Many New Zealand Jews have been harassed over Zionism - report

Two-thirds of New Zealand Jews said that they have experienced antisemitism on social media in the past three years.

The current New Zealand flag flies on Parliament buildings in Wellington's Central Cusiness District on March 24, 2016. (photo credit: AFP PHOTO)
The current New Zealand flag flies on Parliament buildings in Wellington's Central Cusiness District on March 24, 2016.
(photo credit: AFP PHOTO)

New Zealand Jews are saying that the most common form of antisemitism they experience is related to Israel and to anti-Zionism, according to the local human rights group "Humanity Matters." 

Overall, two-thirds (65%) of New Zealand Jews said that they have experienced antisemitism on social media in the last three years.

The report aims to explore the Jewish experience in New Zealand and to understand the unique challenges facing the relatively small Jewish community.

What did the study find?

More than half (52%) of the Jewish people living in New Zealand said that they encountered antisemitic misinformation or disinformation online that was either directly related to Israel or to anti-Zionism during the last 12 months, according to the report. 

The next highest type of antisemitism was due to "financial" reasons, alluding to the antisemitic trope that claims Jewish people control international finance, or that Jewish people are "good with money." More than a quarter (27%) of the respondents said they encountered this kind of antisemitism online during the last 12 months.

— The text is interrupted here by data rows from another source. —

ghost use Rattle.std.specs.Prelude.{◌≡◌, ◌≢◌, ◌<◌, ◌^◌, ℕ, List, Some, None, IsTrue, true, false, IfOk, IfErr, OnOk, OnErr, IfSome, IfNone, IsSomeAnd, nat_lt, ◌⊎◌};
ghost use Rattle.std.specs.FinMap as map;
ghost use Rattle.std.specs.FinSet as set;
ghost use Rattle.std.specs.Option.{option_map, option_map_or, option_and_then};
ghost use Rattle.page_pool.specs.Archive.{new_archive, newest_images, IsArchive, IsFrozen, StandsWritten};
ghost use Rattle.page_pool.specs.Archive.{WritesImage, LeavesPage, ReadsImage, Advances, Releases};
ghost use Rattle.page_pool.specs.InsideArchive.{StandsStored, StoresAt, ReadsPlace};
ghost use Rattle.page_pool.specs.Causes.{IsNoDamage, faults_at};

use crate::digests::Digests;
use crate::images::Images;
use crate::page::{Page, read_fresh};
use crate::{Disk, PageFault};
use sand_base::NoMemory;
use std::alloc::Global;
use std::marker::Model;

/// A disk of numbered pages with stamps: each image of a page lies at a place of its own, with its digest.
#[derive(Drop)]
pub(crate) struct Archive<D: Disk> {
    disk: D,
    digests: Digests,
    images: Images,
    alloc: Global,
}

impl<D: Disk> Model for Archive<D> {
    ghost use Rattle.page_pool.specs.Archive.{ArchiveState};
    ghost use Rattle.page_pool.specs.InsideArchive.{archive_of, IsArchived};
    ghost use Rattle.page_pool.specs.Codes.{archive_code};

    ghost Value = { ArchiveState };

    ghost coded = { archive_code };

    ghost view = { λ a. archive_of (D.seen a.disk) a.digests a.images };

    ghost invariant = { λ a. IsArchived (D.seen a.disk) a.digests a.images };
}

impl<D: Disk> Archive<D> {
    // An archive with no image over the disk, which it starts with the name. After a refusal the disk comes back.
    pub(crate) fn start(
        alloc: Global,
        mut disk: D,
        name: Option<&str>,
    ) -> Result<Archive<D>, (PageFault, D)>
        ensures begun { IfOk result (λ archive. archive ≡ new_archive archive.disk) }
        ensures counted { IfOk result (λ archive. archive.disk.faults ≡ (D.seen disk).faults) }
        ensures refused { IfErr result (λ e. (D.seen e.1).faults ≡ faults_at (D.seen disk).faults e.0) }
        ensures undamaged { IfErr result (λ e. IsNoDamage e.0) }
        ensures whole { IfOk result IsArchive }
    {
        if let Err(why) = disk.start(name) {
            return Err((PageFault::from(why), disk));
        }
        Ok(Archive {
            disk,
            digests: Digests::new(alloc),
            images: Images::new(alloc),
            alloc,
        })
    }

    // The disk.
    pub(crate) fn into_disk(self) -> D
        ensures { D.seen result ≡ self.disk }
    {
        let Archive {
            disk,
            digests: _,
            images: _,
            alloc: _,
        } = self;
        disk
    }

    // How many commands began so far. (Its contract says what holds of every archive.)
    pub(crate) fn begun(&self) -> u64
        ensures begun { result ≡ self.now.begun }
        ensures whole { IsArchive self.now }
    {
        self.images.begun()
    }

    // How many had begun at the last change of an image.
    #[inline]
    pub(crate) fn changed(&self) -> u64
        ensures { result ≡ self.now.changed }
    {
        self.images.changed()
    }

    // Where the newest image of page `n` lies.
    #[inline]
    pub(crate) fn place(&self, n: u64) -> Option<u64>
        ensures { result ≡ map.get self.now.places n }
    {
        self.images.newest_place(n)
    }

    // How many commands had begun as the stamp was taken.
    pub(crate) fn stamp(&self, slot: u64) -> Option<u64>
        ensures { result ≡ option_map (λ f. f.at) (map.get self.now.stamps slot) }
    {
        self.images.stamp(slot)
    }

    // Where the image lies that the held stamp sees as page `n`.
    pub(crate) fn seen_place(&self, slot: u64, n: u64) -> Option<u64>
        ensures { result ≡ option_and_then (λ f. map.get f.places n) (map.get self.now.stamps slot) }
    {
        match self.images.stamp(slot) {
            Some(at) => self.images.seen_place(at, n),
            None => None,
        }
    }

    // Whether a stamp of an earlier command is in the slot.
    pub(crate) fn is_older(&self, slot: u64) -> bool
        ensures { result ≡ option_map_or (λ f. nat_lt f.at self.now.begun) (map.get self.now.stamps slot) false }
    {
        match self.stamp(slot) {
            Some(at) => at < self.begun(),
            None => false,
        }
    }

    // Where the image lies that the held stamp sees as page `n`, where the stamp is of an earlier command.
    pub(crate) fn older_place(&self, slot: u64, n: u64) -> Option<u64>
        ensures found { IfSome result (λ place. IsSomeAnd (map.get self.now.stamps slot) (λ f. (f.at < self.now.begun) × (map.get f.places n ≡ Some place))) }
        ensures none { IfNone result (IfSome (map.get self.now.stamps slot) (λ f. f.at < self.now.begun → map.get f.places n ≡ None)) }
    {
        match self.stamp(slot) {
            Some(at) if at < self.begun() => self.seen_place(slot, n),
            _ => None,
        }
    }

    // Whether the newest image of page `n` lies at this place.
    pub(crate) fn lies_at(&self, n: u64, place: u64) -> bool
        ensures there { result ≡ true → map.get self.now.places n ≡ Some place }
        ensures elsewhere { result ≡ false → map.get self.now.places n ≢ Some place }
    {
        match self.place(n) {
            Some(newest) => newest == place,
            None => false,
        }
    }

    // Writes page `n` to a place where nothing is spoiled that anyone sees, and answers the place.
    pub(crate) fn write(&mut self, n: u64, page: &Page) -> Result<u64, PageFault>
        ensures writes { WritesImage self.old self.new n page.now result }
        ensures whole { IsArchive self.new }
    {
        let place = self.images.target(n)?;
        store(&mut self.disk, &mut self.digests, place, page)?;
        self.images.settle(n, place)?;
        Ok(place)
    }

    // Page `n` is no more. After a refusal all is as it was.
    pub(crate) fn leave(&mut self, n: u64) -> Result<(), NoMemory>
        ensures left { OnOk result (LeavesPage self.old self.new n) }
        ensures unchanged { OnErr result (self.new ≡ self.old) }
        ensures whole { IsArchive self.new }
    {
        self.images.leave(n)
    }

    // The newest image of page `n` as the disk gives it now, if it has the kept digest.
    pub(crate) fn read(&mut self, n: u64) -> Result<Page, PageFault>
        requires { StandsWritten self.old.disk.told self.old.pages self.old.kept n }
        ensures read { ReadsImage self.old self.new self.old.pages self.old.kept n result }
        ensures whole { IsArchive self.new }
    {
        match self.images.newest_place(n) {
            Some(place) => read_image(self.alloc, &mut self.disk, &self.digests, n, place),
            None => Err(PageFault::Memory),
        }
    }

    // The image that the held stamp of an earlier command sees as page `n`, as the disk gives it now, if it has the
    // kept digest.
    pub(crate) fn read_seen(&mut self, slot: u64, n: u64) -> Result<Page, PageFault>
        requires { IfSome (map.get self.old.stamps slot) (λ f. f.at < self.old.begun) }
        ensures read { IfSome (map.get self.old.stamps slot) (λ f. ReadsImage self.old self.new f.pages f.kept n result) }
        ensures whole { IsArchive self.new }
    {
        let Some(at) = self.images.stamp(slot) else {
            return Err(PageFault::Memory);
        };
        match self.images.seen_place(at, n) {
            Some(place) => read_image(self.alloc, &mut self.disk, &self.digests, n, place),
            None => Err(PageFault::Memory),
        }
    }

    // Whether a held stamp of an earlier command sees the newest image of page `n`.
    pub(crate) fn is_shared(&self, n: u64) -> bool
        ensures { result ≡ set.contains self.now.shared n }
    {
        self.images.is_home_seen(n)
    }

    // How many pages have a newest image.
    pub(crate) fn count(&self) -> usize
        ensures count { result ≡ map.len self.now.places }
        ensures small { result < 2 ^ 63 }
    {
        self.images.count()
    }

    // How many replaced images are kept for stamps.
    pub(crate) fn seen_count(&self) -> usize
        ensures { result ≡ self.now.seen }
    {
        self.images.seen_count()
    }

    // Holds a stamp, which sees the newest images until one more command begins, and then for good.
    pub(crate) fn keep(&mut self) -> Result<u64, NoMemory>
        ensures free { IfOk result (λ slot. map.get self.old.stamps slot ≡ None) }
        ensures kept { IfOk result (λ slot. self.new ≡ record self.old { stamps = map.insert self.old.stamps slot (newest_images self.old) }) }
        ensures unchanged { OnErr result (self.new ≡ self.old) }
        ensures whole { IsArchive self.new }
    {
        self.images.keep()
    }

    // The stamp in the slot is held no more.
    pub(crate) fn release(&mut self, slot: u64)
        ensures released { Releases self.old self.new slot }
        ensures whole { IsArchive self.new }
    {
        self.images.release(slot)
    }

    // One more command begins, where each newest image stands on the disk. After a refusal all is as it was.
    pub(crate) fn advance(&mut self) -> Result<(), NoMemory>
        requires { (n : ℕ) → StandsWritten self.old.disk.told self.old.pages self.old.kept n }
        ensures begun { OnOk result (Advances self.old self.new) }
        ensures unchanged { OnErr result (self.new ≡ self.old) }
        ensures whole { IsArchive self.new }
    {
        self.images.advance()
    }
}

// Stores the page at the place, with its digest.
fn store<D: Disk>(
    disk: &mut D,
    digests: &mut Digests,
    place: u64,
    page: &Page,
) -> Result<(), PageFault>
    ensures { StoresAt (D.seen disk.old) (D.seen disk.new) digests.old digests.new place page.now result }
{
    disk.write_page(place, page.bytes())?;
    digests.insert(place, page.digest())?;
    Ok(())
}

// The image of page `n` at this place, as the disk gives it now, if it has the kept digest.
fn read_image<D: Disk>(
    alloc: Global,
    disk: &mut D,
    digests: &Digests,
    n: u64,
    place: u64,
) -> Result<Page, PageFault>
    requires { StandsStored (D.seen disk.old) digests.now place }
    ensures { ReadsPlace (D.seen disk.old) (D.seen disk.new) digests.now n place result }
{
    let Some(kept) = digests.get(place) else {
        return Err(PageFault::Memory);
    };
    let page = read_fresh(alloc, disk, place)?;
    let read = page.digest();
    if read != *kept {
        return Err(PageFault::Damaged {
            page: n,
            kept: *kept,
            read,
        });
    }
    Ok(page)
}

People gather at a vigil to mourn for the victims of the Christchurch mosque attack in New Zealand at Washington Square Park, New York City. (credit: RASHID UMAR ABBASI / REUTERS)People gather at a vigil to mourn for the victims of the Christchurch mosque attack in New Zealand at Washington Square Park, New York City. (credit: RASHID UMAR ABBASI / REUTERS)

Only one percent of respondents said they have encountered no antisemitism online over the last 12 months.

Other antisemitic tropes that were encountered were: "social" - meaning "Jewish people keep themselves separate, are secretive; Jewish people are behind COVID." Other antisemitic incidences were reportedly due to racial, ideological, cultural and religious reasons.

The Humanity Matters report also claims that "the 2019 Christchurch mosque attack, the COVID-19 pandemic, and political and economic uncertainty here and globally created a catalyst for antisemitic misinformation and disinformation."